Stored data entries
※ ※ ※

//! The chain of the checkpoints of a shard's log.
ghost use Rattle.std.specs.Prelude.{◌≡◌, ◌+◌, ◌*◌, ◌≤◌, ◌<◌, ◌↔◌, ◌/◌, [], ◌∷◌, ◌++◌, length, IfOk, OnOk, IsErrOf};
ghost use Rattle.cs_tx_types.specs.declared.limits.TheConstants.{COVERED, LAST_PLACE};
ghost use Rattle.cs_merkle.specs.Tree.{leaves_of_vectors};
ghost use Rattle.cs_check_rules.specs.Chain.{empty_log, with_slot, made_last, chain_head, head_of, checkpoint_of, cut_slot, kept_of, AtItsLog, IsLeaf, IsProofOf};
ghost use Rattle.cs_check_rules.specs.Shown.{Shows};
ghost use Rattle.cs_check.specs.Kept.{next_behind, cut_first, chain_with_leaf, with_checkpoint};
ghost use Rattle.cs_check.specs.Leaves.{HasLeaves, HasLeavesBut};
ghost use Rattle.cs_check.specs.Root.{table_root as root_of};
ghost use Rattle.cs_table.specs.Seen.{seen};

use crate::covered::Covered;
use crate::hashes::Hashes;
use cs_base::Memory;
use cs_check_rules::{Checkpoint, Digest, KEPT_SLOTS, Proof, checkpoint_head};
use cs_merkle::root;
use cs_table::Table;
use cs_tx_types::COVERED;
use std::alloc::Global;
use std::collections::VecDeque;
use std::marker::Model;
use std::mem;

/// The leaves that a checkpoint covers: one a slot.
const LEAVES: usize = COVERED as usize;

/// How many checkpoints keep their leaves.
const KEPT: usize = (KEPT_SLOTS / COVERED) as usize;

/// Why there is no proof.
#[derive(Clone, Copy, Debug, PartialEq, Eq)]
pub enum ProveError {
    /// No checkpoint covers the slot yet.
    NotYet,
    /// The slot is cut: its leaf isn't kept any more.
    Cut,
    /// There was not enough memory.
    Memory,
}

impl From<Memory> for ProveError {
    ghost use Rattle.std.specs.Prelude.{◌≡◌};
    ghost use Rattle.cs_check.specs.declared.chain.ProveError.TheVariants.{Memory as NoMemory};

    ghost from_gives = { λ _ e. e ≡ NoMemory };

    fn from(_e: Memory) -> ProveError {
        ProveError::Memory
    }
}

/// The checkpoints over a shard's last slots with the leaves of these, the heads of all, and the
/// hashes of the leaves of its records.
#[derive(Drop)]
pub struct Chain {
    shard: u16,
    slots: u64,
    covered: VecDeque<Covered>,
    uncovered: Vec<Vec<u8>>,
    heads: Vec<Digest>,
    hashes: Hashes,
}

impl Model for Chain {
    ghost use Rattle.cs_merkle.specs.Tree.{leaves_of_vectors};
    ghost use Rattle.cs_check.specs.Kept.{kept_by, IsKeptChain};
    ghost use Rattle.cs_check.specs.Leaves.{Chained};

    ghost Value = { Chained };

    ghost view = { λ c. record {
      kept = kept_by c.shard c.slots c.covered.items (leaves_of_vectors c.uncovered.items) c.heads.items;
      hashed = c.hashes;
    } };

    ghost invariant = { λ c. IsKeptChain
        (kept_by c.shard c.slots c.covered.items (leaves_of_vectors c.uncovered.items) c.heads.items) };
}

// The checkpoint over these leaves, behind those that have these heads.
fn next_checkpoint(
    shard: u16,
    heads: &[Digest],
    leaves: &[Vec<u8>],
    table_root: Digest,
) -> Checkpoint
    ensures { result ≡ next_behind shard heads.now (leaves_of_vectors leaves.now) table_root }
{
    let previous = match heads.last() {
        Some(head) => *head,
        None => [0; 32],
    };
    Checkpoint {
        shard,
        number: heads.len() as u64,
        previous,
        leaf_root: root(leaves),
        table_root,
        leaves: COVERED as u16,
    }
}

// The first checkpoint of too many is cut, with its leaves.
fn cut(covered: &mut VecDeque<Covered>)
    ensures { covered.new.items ≡ cut_first covered.old.items }
{
    if covered.len() > KEPT {
        covered.pop_front();
    }
}

impl Chain {
    /// A chain without slots, of the shard that has this table.
    pub fn new(alloc: Global, shard: u16, table: &Table) -> Result<Chain, Memory>
        ensures log { IfOk result (λ chain. chain.kept ≡ kept_of (empty_log shard)) }
        ensures leaves { IfOk result (λ chain. HasLeaves chain.hashed (seen table.now)) }
    {
        let hashes = Hashes::new(alloc, table)?;
        Ok(Chain {
            shard,
            slots: 0,
            covered: VecDeque::new(alloc),
            uncovered: Vec::new(alloc),
            heads: Vec::new(alloc),
            hashes,
        })
    }

    /// How many slots it has, with those that are cut.
    pub fn slots(&self) -> u64
        ensures { result ≡ self.now.kept.slots }
    {
        self.slots
    }

    /// How many checkpoints are made.
    pub fn checkpoints(&self) -> u64
        ensures { AtItsLog self.now.kept (λ log. result ≡ length log.table_roots) }
    {
        self.heads.len() as u64
    }

    // Makes the checkpoint over the leaves that none covers yet and this one.
    fn cover(
        &mut self,
        alloc: Global,
        leaf: Vec<u8>,
        table_root: Digest,
    ) -> Result<Checkpoint, Memory>
        requires leaf { IsLeaf leaf.items }
        requires last { length self.old.kept.uncovered ≡ LAST_PLACE }
        requires slots { COVERED * length self.old.kept.heads + COVERED ≤ self.old.kept.slots }
        ensures checkpoint { IfOk result (λ made. made ≡ next_behind
            self.old.kept.shard self.old.kept.heads
            (self.old.kept.uncovered ++ leaf.items ∷ []) table_root) }
        ensures kept { IfOk result (λ made.
            self.new.kept ≡ with_checkpoint made (chain_with_leaf leaf.items self.old.kept)) }
        ensures hashed { self.new.hashed ≡ self.old.hashed }
    {
        let mut leaves = mem::replace(&mut self.uncovered, Vec::new(alloc));
        leaves.push(leaf)?;
        let heads = self.heads.as_slice();
        let checkpoint = next_checkpoint(self.shard, heads, leaves.as_slice(), table_root);
        self.heads.push(checkpoint_head(&checkpoint))?;
        self.covered.push_back(Covered::new(checkpoint, leaves))?;
        cut(&mut self.covered);
        Ok(checkpoint)
    }

    /// Takes the leaf of the next slot, whose entry was executed on the table last, and takes over
    /// the leaves of the touched keys. Every 16th leaf makes a checkpoint; from the 65th on one is
    /// cut then. After want of memory no leaf is known. It is written so that no other record is
    /// encoded or hashed, and no node joined twice for a checkpoint: no clause counts that.
    pub fn push(
        &mut self,
        alloc: Global,
        leaf: Vec<u8>,
        table: &Table,
    ) -> Result<Option<Checkpoint>, Memory>
        requires leaf { IsLeaf leaf.items }
        requires known { HasLeavesBut table.now.touched self.old.hashed (seen table.now) }
        ensures log { AtItsLog self.old.kept (λ log. OnOk result
            (self.new.kept ≡ kept_of (with_slot leaf.items (root_of table.now.rows) log))) }
        ensures made { AtItsLog self.old.kept (λ log. IfOk result (λ made.
            made ≡ made_last (with_slot leaf.items (root_of table.now.rows) log))) }
        ensures leaves { OnOk result (HasLeaves self.new.hashed (seen table.now)) }
    {
        let slots = match self.slots.checked_add(1) {
            Some(slots) => slots,
            None => return Err(Memory),
        };
        self.hashes.take(alloc, table)?;
        self.slots = slots;
        if self.uncovered.len() < LEAVES - 1 {
            self.uncovered.push(leaf)?;
            return Ok(None);
        }
        let table_root = self.hashes.root(alloc, table)?;
        let checkpoint = self.cover(alloc, leaf, table_root)?;
        Ok(Some(checkpoint))
    }

    /// The head of the checkpoint of a number, where that one is made.
    pub fn head(&self, number: u64) -> Option<Digest>
        ensures { AtItsLog self.now.kept (λ log. result ≡ chain_head log number) }
    {
        match self.heads.get(number as usize) {
            Some(head) => Some(*head),
            None => None,
        }
    }

    /// The leaf of a slot with the checkpoint that covers it, and the path from the one to the
    /// other.
    pub fn prove(&self, alloc: Global, slot: u64) -> Result<Proof, ProveError>
        ensures proof { AtItsLog self.now.kept (λ log. IfOk result (IsProofOf log slot)) }
        // Where the leaf is of that slot, the proof shows it under the checkpoint's head.
        ensures shown { AtItsLog self.now.kept (λ log. IfOk result (λ proof. proof.leaf.slot ≡ slot →
            Shows (head_of (checkpoint_of log (slot / COVERED))) proof)) }
        ensures not_yet { AtItsLog self.now.kept (λ log.
            IsErrOf result ProveError.NotYet ↔ (COVERED * length log.table_roots ≤ slot)) }
        ensures cut { AtItsLog self.now.kept (λ log.
            IsErrOf result ProveError.Cut ↔ (slot < cut_slot log)) }
    {
        let slot = slot as usize;
        let cut = self.heads.len() - self.covered.len();
        let place = match (slot / LEAVES).checked_sub(cut) {
            Some(place) => place,
            None => return Err(ProveError::Cut),
        };
        match self.covered.get(place) {
            Some(covered) => Ok(covered.prove(alloc, slot % LEAVES)?),
            None => Err(ProveError::NotYet),
        }
    }
}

※ ※ ※

What the exercise asks => If the word "covers" appears in a line above, copy that line.

Exercise response =>
/// The leaves that a checkpoint covers: one a slot.
    /// No checkpoint covers the slot yet.
    // Makes the checkpoint over the leaves that none covers yet and this one.
    /// The leaf of a slot with the checkpoint that covers it, and the path from the one to the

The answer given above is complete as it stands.